- Instructions for the task -
Please reproduce the data below exactly, from the first line to the last.

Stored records
^^^^
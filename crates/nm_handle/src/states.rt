//! What a handle may still do.

/// Whether a rank takes calls.
#[derive(Clone, Copy, Debug, PartialEq)]
pub enum State {
    /// It does.
    Open,
    /// It was closed: it makes turns alone.
    Closed,
    /// It was refused memory within a call or a turn, and does nothing any more.
    Failed,
}
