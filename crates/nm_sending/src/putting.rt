//! How a message's packets are put into the outbox.

ghost use Rattle.std.specs.Prelude.{◌≡◌, ℕ, ◌+◌, ◌-◌, ◌<◌, ◌≤◌};
ghost use Rattle.std.specs.Prelude.{if◌then◌else◌, length, None, Some, OnOk, OnErr};
ghost use Rattle.nm_types.specs.declared.limits.TheConstants.{MAX_BODY, MAX_EAGER, MAX_PACKETS};
ghost use Rattle.nm_types.specs.declared.limits.TheConstants.{MAX_STAMP};
ghost use Rattle.nm_types.specs.Bodies.{body_len};
ghost use Rattle.nm_history.specs.Sends.{is_ask};
ghost use Rattle.nm_rndv.specs.Offers.{state_of};
ghost use Rattle.nm_sending.specs.Calls.{PutsMessage, sent_as};
ghost use Rattle.nm_sending.specs.Outboxes.{put_to};
ghost use Rattle.nm_sending.specs.Departures.{ends_to};
ghost use Rattle.nm_sending.specs.Sent.{Puts, only_to};

use crate::outbox::Outbox;
use nm_eager::Cutter;
use nm_rndv::Offers;
use nm_types::{Body, How, Memory, What};

/// A message, but for its body.
#[derive(Clone, Copy)]
pub(crate) struct Heading {
    pub to: u8,
    pub n: u64,
    pub tag: u16,
    pub ctx: u8,
    pub how: How,
}

/// Puts a packet without bytes. There is room for it.
pub(crate) fn put_bare(outbox: &mut Outbox, to: u8, stamp: u64, what: What)
    requires to { to < length outbox.old.popped }
    requires few { put_to outbox.old to < MAX_PACKETS }
    requires room { 0 < outbox.old.spare }
    requires in_time { stamp ≤ MAX_STAMP }
    ensures puts { (called : ℕ) → called ≤ stamp →
        Puts (only_to to called what) None stamp outbox.old outbox.new }
    ensures ends { (other : ℕ) →
        ends_to other outbox.new.letters ≡ ends_to other outbox.old.letters }
    ensures room { outbox.new.spare ≡ outbox.old.spare - 1 }
{
    outbox.put_bare(to, stamp, what);
}

/// Puts the packets of a message, or the one that asks for it, whose body is kept then.
pub(crate) fn put_message(
    outbox: &mut Outbox,
    offers: &mut Offers,
    heading: Heading,
    body: Body,
    stamp: u64,
) -> Result<(), Memory>
    requires to { heading.to < length outbox.old.popped }
    requires offered { heading.to < length offers.old.destinations }
    requires is_new { state_of offers.old heading.to heading.n ≡ None }
    requires few { put_to outbox.old heading.to + 17 ≤ MAX_PACKETS }
    requires short { body_len body ≤ (if is_ask heading.how then MAX_BODY else MAX_EAGER) }
    requires in_time { stamp ≤ MAX_STAMP }
    ensures put { OnOk result ((line : ℕ) → PutsMessage (sent_as heading.to heading.tag heading.ctx
        body heading.how stamp heading.n line) body outbox.old outbox.new offers.old offers.new) }
    ensures err { OnErr result
        (outbox.new ≡ record outbox.old { spare = outbox.new.spare }) }
    ensures unasked { OnErr result (offers.new ≡ offers.old) }
{
    let Heading {
        to,
        n,
        tag,
        ctx,
        how,
    } = heading;
    let len = body.len();
    match how {
        How::Eager => {
            outbox.reserve(1)?;
            let cutter = Cutter::new(n, tag, ctx, body);
            outbox.put_message(to, stamp, cutter);
        }
        How::Ask => {
            outbox.reserve(1)?;
            offers.ask(to, n, body)?;
            put_bare(outbox, to, stamp, What::Ask { tag, ctx, len });
        }
    }
    Ok(())
}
^^^^
- Answer section -
filename crates/nm_handle/src/states.rt
//! What a handle may still do.

/// Whether a rank takes calls.
#[derive(Clone, Copy, Debug, PartialEq)]
pub enum State {
    /// It does.
    Open,
    /// It was closed: it makes turns alone.
    Closed,
    /// It was refused memory within a call or a turn, and does nothing any more.
    Failed,
}
filename crates/nm_sending/src/putting.rt
//! How a message's packets are put into the outbox.

ghost use Rattle.std.specs.Prelude.{◌≡◌, ℕ, ◌+◌, ◌-◌, ◌<◌, ◌≤◌};
ghost use Rattle.std.specs.Prelude.{if◌then◌else◌, length, None, Some, OnOk, OnErr};
ghost use Rattle.nm_types.specs.declared.limits.TheConstants.{MAX_BODY, MAX_EAGER, MAX_PACKETS};
ghost use Rattle.nm_types.specs.declared.limits.TheConstants.{MAX_STAMP};
ghost use Rattle.nm_types.specs.Bodies.{body_len};
ghost use Rattle.nm_history.specs.Sends.{is_ask};
ghost use Rattle.nm_rndv.specs.Offers.{state_of};
ghost use Rattle.nm_sending.specs.Calls.{PutsMessage, sent_as};
ghost use Rattle.nm_sending.specs.Outboxes.{put_to};
ghost use Rattle.nm_sending.specs.Departures.{ends_to};
ghost use Rattle.nm_sending.specs.Sent.{Puts, only_to};

use crate::outbox::Outbox;
use nm_eager::Cutter;
use nm_rndv::Offers;
use nm_types::{Body, How, Memory, What};

/// A message, but for its body.
#[derive(Clone, Copy)]
pub(crate) struct Heading {
    pub to: u8,
    pub n: u64,
    pub tag: u16,
    pub ctx: u8,
    pub how: How,
}

/// Puts a packet without bytes. There is room for it.
pub(crate) fn put_bare(outbox: &mut Outbox, to: u8, stamp: u64, what: What)
    requires to { to < length outbox.old.popped }
    requires few { put_to outbox.old to < MAX_PACKETS }
    requires room { 0 < outbox.old.spare }
    requires in_time { stamp ≤ MAX_STAMP }
    ensures puts { (called : ℕ) → called ≤ stamp →
        Puts (only_to to called what) None stamp outbox.old outbox.new }
    ensures ends { (other : ℕ) →
        ends_to other outbox.new.letters ≡ ends_to other outbox.old.letters }
    ensures room { outbox.new.spare ≡ outbox.old.spare - 1 }
{
    outbox.put_bare(to, stamp, what);
}

/// Puts the packets of a message, or the one that asks for it, whose body is kept then.
pub(crate) fn put_message(
    outbox: &mut Outbox,
    offers: &mut Offers,
    heading: Heading,
    body: Body,
    stamp: u64,
) -> Result<(), Memory>
    requires to { heading.to < length outbox.old.popped }
    requires offered { heading.to < length offers.old.destinations }
    requires is_new { state_of offers.old heading.to heading.n ≡ None }
    requires few { put_to outbox.old heading.to + 17 ≤ MAX_PACKETS }
    requires short { body_len body ≤ (if is_ask heading.how then MAX_BODY else MAX_EAGER) }
    requires in_time { stamp ≤ MAX_STAMP }
    ensures put { OnOk result ((line : ℕ) → PutsMessage (sent_as heading.to heading.tag heading.ctx
        body heading.how stamp heading.n line) body outbox.old outbox.new offers.old offers.new) }
    ensures err { OnErr result
        (outbox.new ≡ record outbox.old { spare = outbox.new.spare }) }
    ensures unasked { OnErr result (offers.new ≡ offers.old) }
{
    let Heading {
        to,
        n,
        tag,
        ctx,
        how,
    } = heading;
    let len = body.len();
    match how {
        How::Eager => {
            outbox.reserve(1)?;
            let cutter = Cutter::new(n, tag, ctx, body);
            outbox.put_message(to, stamp, cutter);
        }
        How::Ask => {
            outbox.reserve(1)?;
            offers.ask(to, n, body)?;
            put_bare(outbox, to, stamp, What::Ask { tag, ctx, len });
        }
    }
    Ok(())
}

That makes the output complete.